NASA has submitted to Congress a plan to revitalize and add direction to America’s manned space program, after years of neglect under the Obama Administration.

The plan notes that “The call from the President and Congress for a National Space Exploration Campaign emerges at a critical point in America’s space program and its relationship to strategic issues facing the nation in space. Challenges and opportunities exist that must be addressed over the next several years. Close to Earth today, American leadership and commercial innovation, centered in part on the U.S.-led International Space Station, is starting to unleash a new economic arena. However, action is necessary to drive new commercial enterprises and provide a regulatory and security environment that enables and protects this emerging economy. Deeper into space, NASA’s shift to focus on the creation of a sustainable presence on and around the Moon with international and commercial partners comes as more countries begin to establish a presence in this region with robotic missions.”

According to the agency, “The National Space Exploration Campaign calls for human and robotic exploration missions to expand the frontiers of human experience and scientific discovery of the natural phenomena of Earth, other worlds and the cosmos.”

The Exploration Campaign has several strategic goals:

NASA will transition U.S. human spaceflight activities in low-Earth orbit to commercial operations that support NASA and the needs of an emerging private sector market. NASA intends to transition from the current model of human space activities in low-Earth orbit to a model where the government is only one customer for commercial services.  NASA will shape the plan for the transition of low-Earth orbit activities from direct government funding to commercial services and partnerships, with new, independent commercial platforms or a non-NASA operating model for some form or elements of the International Space Station by 2025. In addition, NASA will expand public-private partnerships to develop and demonstrate technologies and capabilities to enable new commercial space products and services.
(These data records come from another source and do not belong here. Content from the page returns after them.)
// The calls of a store as the one-thread database answers them.
ghost use Rattle.std.specs.Prelude.{◌≡◌, ◌<◌, ◌≤◌, ◌-◌, ◌^◌, ℕ, [], false, IsTrue, IfErr, IfOk, MatchResult, None, Some, Err};
ghost use Rattle.dkv_base.specs.declared.types.Ask.TheVariants.{Read};
ghost use Rattle.dkv_base.specs.declared.types.Answer.TheVariants.{Entries};
ghost use Rattle.dkv_base.specs.Limits.{read_limit};
ghost use Rattle.dkv_base.specs.Replies.{read_reply, said};
ghost use Rattle.dkv_core.specs.Decisions.{commit_of, may_ask};
ghost use Rattle.dkv_io.specs.Causes.{Rose};
ghost use Rattle.dkv_msgs.specs.Outputs.{read_output};
ghost use Rattle.dkv_msgs.specs.Spellings.{spell_snapshot_read_output};
ghost use Rattle.dkv_io.specs.Disks.{Told, AnyBytes};
ghost use Rattle.dkv_store.specs.Situations.{Answers, AnswersCall, AnswersTake};
ghost use Rattle.dkv_store.specs.Stores.{IsAckWithPlace, IsDone, IsRefused, IsRaisedTo, IsShort, IsOldOrNew, IsNotTaken, IsTake, Kept, SameDisks, effective_at, used_of, other_of};
ghost use Rattle.dkv_store.specs.Attempts.{attempted};
ghost use Rattle.dkv_store.specs.Terms.{CommitLeaves, FilesStand, Leads};
ghost use Rattle.dkv_store.specs.declared.answers.Refusal.TheVariants as refusal;

use crate::answers::{Done, Refusal};
use crate::store::Store;
use dkv_base::{Bytes, Call, Entry, NoMemory, ReadRange, Run};
use dkv_core::Taken;
use dkv_io::Disk;
use std::alloc::Global;

impl<D: Disk> Store<D> {
    /// What its type keeps, at every moment. Takes no memory, and does nothing.
    pub fn is_kept(&self)
        ensures kept { Kept D.faults self.now }
        // Stopped now, the files recover to its state, or to that and the commit in doubt.
        ensures stands { FilesStand D.seen D.may_leave self.now }
    {
        let _ = &self.core;
    }

    /// Commits a call of the caller `who` at a moment in milliseconds since 1970. A gate in doubt is mended before anything is
    /// written. After a fault the commit is in doubt or not on the disk, and a doubt joins the trail. Takes memory for the
    /// record, all of it before the first disk call.
    pub fn commit(&mut self, alloc: Global, who: u32, at: u64, call: Call) -> Result<Done, Refusal>
        requires numbered { self.old.core.state.number < 2 ^ 63 - 1 }
        requires out { IsTrue (may_ask self.old.core call) }
        requires short { IsShort self.old who (effective_at self.old at) call }
        // The answer is the one-thread database's, but for disk faults and want of memory.
        ensures steps { AnswersCall self.old who at call result self.new }
        ensures answer { MatchResult result
            (λ d. IsDone self.old who (effective_at self.old at) call d self.new)
            (λ r. IsRefused self.old who (effective_at self.old at) call r self.new) }
        // Stopped at any moment, the files recover to a state of the run.
        ensures goes { Leads D.seen D.may_leave D.moment D.left_since
            (attempted result (commit_of who (effective_at self.old at) call))
            self.old self.new }
        ensures moves { CommitLeaves D.seen D.may_leave D.moment D.left_since
            self.old (commit_of who (effective_at self.old at) call) self.new }
        ensures cause { result ≡ Err refusal.DiskFault
            → Rose (D.faults (used_of self.old)) (D.faults (used_of self.new)) }
        // In doubt is the old commit or this one, if one is.
        ensures doubted { result ≡ Err refusal.DiskFault → IsOldOrNew
            self.old.doubt (commit_of who (effective_at self.old at) call) self.new.doubt }
        ensures told { Told AnyBytes (D.seen self.old.a) (D.seen self.new.a)
            × Told AnyBytes (D.seen self.old.b) (D.seen self.new.b) }
        ensures later { (D.faults self.old.a ≤ D.faults self.new.a)
            × (D.faults self.old.b ≤ D.faults self.new.b) }
        ensures other { other_of self.new ≡ other_of self.old }
        ensures in_use { self.new.in_use ≡ self.old.in_use }
        ensures first { (self.new.a_first ≡ self.old.a_first)
            × (self.new.b_first ≡ self.old.b_first) }
        // Who watches goes on: so it is after each call but those on watches.
        ensures watches { self.new.core.watches ≡ self.old.core.watches }
        // The acknowledgement of a message that has a place takes no memory.
        ensures free { IsAckWithPlace call self.old.roomless
            → result ≡ Err refusal.NoMemory → ⊥ }
    {
        self.is_kept();
        if let Some(place) = self.stop_for(&call) {
            return self.hold_back(at, &call, place);
        }
        let done = self.commit_kept(alloc, who, at, call);
        self.is_kept();
        done
    }

    /// Takes the message that is due first, marks it as out, and makes room for one settlement of it. Touches no disk. Takes memory
    /// for a copy of the message and for that room.
    pub fn take(&mut self, alloc: Global, who: u32, at: u64) -> Result<Taken, Refusal>
        // The answer is the one-thread database's, but for want of memory.
        ensures steps { AnswersTake self.old who at result self.new }
        ensures taken { IfOk result (λ taken.
            IsTake self.old who (effective_at self.old at) taken self.new) }
        ensures refused { IfErr result
            (λ r. IsNotTaken self.old who (effective_at self.old at) r self.new) }
        ensures goes { Leads D.seen D.may_leave D.moment D.left_since [] self.old self.new }
        ensures disks { SameDisks self.old self.new }
        ensures watches { self.new.core.watches ≡ self.old.core.watches }
    {
        if let Some(place) = self.first_stop() {
            self.raise_to(at);
            return Err(Refusal::Stopped { place });
        }
        self.take_kept(alloc, who, at)
    }

    /// The entries of each range at the effective moment. Takes memory for copies of them.
    pub fn read(
        &mut self,
        alloc: Global,
        at: u64,
        ranges: &[ReadRange],
    ) -> Result<Run<Run<Entry>>, NoMemory>
        requires unlimited { read_limit ranges.now ≡ None }
        ensures reply { IfOk result (λ answer.
            answer ≡ read_reply self.old.core.state (effective_at self.old at) ranges.now) }
        ensures steps { (who : ℕ) → Answers self.old who at (Read ranges.now) false
            (said (Entries (read_reply self.old.core.state (effective_at self.old at) ranges.now)))
            self.new }
        ensures goes { Leads D.seen D.may_leave D.moment D.left_since [] self.old self.new }
        ensures short { IsRaisedTo (effective_at self.old at) self.old self.new }
        ensures watches { self.new.core.watches ≡ self.old.core.watches }
    {
        self.read_kept(alloc, at, ranges)
    }

    /// The body of the reply to a read of these ranges, in its canonical spelling. Copies no entry but into the reply, for
    /// which it takes memory.
    pub fn spell_read(
        &mut self,
        alloc: Global,
        at: u64,
        ranges: &[ReadRange],
    ) -> Result<Bytes, NoMemory>
        requires unlimited { read_limit ranges.now ≡ None }
        ensures reply { IfOk result (λ body. body ≡ spell_snapshot_read_output
            (read_output (read_reply self.old.core.state (effective_at self.old at) ranges.now))) }
        ensures steps { (who : ℕ) → Answers self.old who at (Read ranges.now) false
            (said (Entries (read_reply self.old.core.state (effective_at self.old at) ranges.now))) self.new }
        ensures goes { Leads D.seen D.may_leave D.moment D.left_since [] self.old self.new }
        ensures short { IsRaisedTo (effective_at self.old at) self.old self.new }
        ensures watches { self.new.core.watches ≡ self.old.core.watches }
    {
        self.spell_kept(alloc, at, ranges)
    }
}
Primarily grown in North America and other cooler regions of Eastern Asia, this herb viagra buy india http://respitecaresa.org/?plugin=all-in-one-event-calendar&controller=ai1ec_exporter_controller&action=export_events&xml=true is considered to be an adaptogenic herb that assist your body in adapting to stress. Sometimes, they will prescribe an anti-depressant or sildenafil soft and cialis. pfizer viagra 100mg In other words, they should be used under the medical supervision. Sometimes, it is also termed as viagra cialis levitra impotence when a man cannot ejaculate. NASA is building a plan for Americans to orbit the Moon starting in 2023, and land astronauts on the surface no later than the late 2020s. Lead the emplacement of capabilities that support lunar surface operations and facilitate missions beyond cislunar space. The Moon is a fundamental part of Earth’s past and future – an off-world continent that may hold valuable resources to support space activity and scientific treasures that may tell us more about our own planet. Although Americans first walked on its surface almost 50 years ago, our explorers left footprints at only six sites, during a total of 16 days on the surface. The next wave of lunar exploration will be fundamentally different.

NASA will demonstrate the capabilities required for human missions to Mars and other destinations. NASA will Foster scientific discovery and characterization of lunar resources through a series of robotic missions. the Exploration Campaign focuses on a transformative approach that includes the development of technologies and systems that enable a series of human and robotic lunar missions that are extensible to Mars. Key components of the Exploration Campaign already are underway and include long-duration human spaceflight on the space station, development of advanced life support systems, and continuing to lead and advance the world in deep space science missions.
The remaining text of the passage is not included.